Тысячу раз представлялось мне, как я узнаю об этом. Вот приходит письмо, обыкновенное, только без марки, я открываю письмо — и все перестает существовать, я падаю без слова. Вот приходит Варя, которую я столько раз утешала, и начинает говорить о нем — сперва осторожно, издалека, потом: «Если бы он погиб, что ты стала бы делать?» И я отвечаю: «Не пережила бы». Вот в военкомате я стою среди других женщин, мы смотрим друг на друга, и у всех одна мысль: «Которой сегодня скажут — убит?» Все передумала я, только одно не приходило мне в голову: что об этом расскажет мне Ромашов.
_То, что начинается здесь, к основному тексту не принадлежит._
//! The cards of a source, punched column by column.

use autocoder_statements::{Name, code_of};
use bcd::Code;
use cards::{COLUMNS, Card};
use std::alloc::{AllocError, Global};

/// The column of the label.
const LABEL: usize = 5;

/// The column of the operation.
const OPERATION: usize = 15;

/// The column of the operands.
const OPERANDS: usize = 20;

/// Puts characters into the columns of a card from one on, as many as there are columns.
fn put(card: &mut Card, column: usize, codes: &[Code]) {
    for index in 0..codes.len() {
        let place = column.saturating_add(index);
        if place < COLUMNS {
            card.0[place] = codes[index];
        }
    }
}

/// The characters of some glyphs.
pub(crate) fn codes_of(alloc: Global, glyphs: &[u8]) -> Result<Vec<Code>, AllocError> {
    let mut codes = Vec::new(alloc);
    for glyph in glyphs {
        codes.push(code_of(*glyph))?;
    }
    Ok(codes)
}

/// A card with a label, an operation and operands.
pub(crate) fn card_of(
    alloc: Global,
    label: Option<Name>,
    operation: &[u8],
    operands: &[Code],
) -> Result<Card, AllocError> {
    let mut card = Card([Code::blank(); COLUMNS]);
    if let Some(name) = label {
        put(&mut card, LABEL, &name.characters);
    }
    let operation = codes_of(alloc, operation)?;
    put(&mut card, OPERATION, &operation);
    put(&mut card, OPERANDS, operands);
    Ok(card)
}

/// A comment.
pub(crate) fn comment_of(alloc: Global, text: &[Code]) -> Result<Card, AllocError> {
    let mut card = Card([Code::blank(); COLUMNS]);
    put(&mut card, LABEL, &codes_of(alloc, b"*")?);
    put(&mut card, LABEL + 2, text);
    Ok(card)
}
Конечно, все это была ерунда, которую он сочинил или прочитал в журнале. Вернее всего, сочинил, потому что характерный для него расчет был виден в каждом слове. Но как несправедливо, как тяжко было, что на меня за что—то свалилась эта неясная, тупая игра! Как я не заслужила, чтобы этот человек явился в Ленинград, где и без него было так трудно, — явился, чтобы подло обмануть меня!

— Миша, — сказала я очень спокойно. — Вы написали мне: «Счастье мое и жизнь». Это правда?

Он молча смотрел на меня. Он был бледен, а уши — красные, и теперь, когда я спросила: «Это правда?», они стали еще краснее.

— Тогда зачем же вы придумали так мучить меня? Я должна сознаться, что иногда немного жалела вас. Этого не бывает, чтобы женщина хоть раз в жизни не пожалела того, кто любит ее так долго. Но как же вы не понимаете, тупой человек, что если бы, не дай бог, Саня погиб, я стала бы вас ненавидеть? Вы должны сознаться, что все это ложь, Миша. И попросить у меня прощенья, потому что иначе я действительно прогоню вас, как негодяя. Когда это было — то, что вы рассказывали?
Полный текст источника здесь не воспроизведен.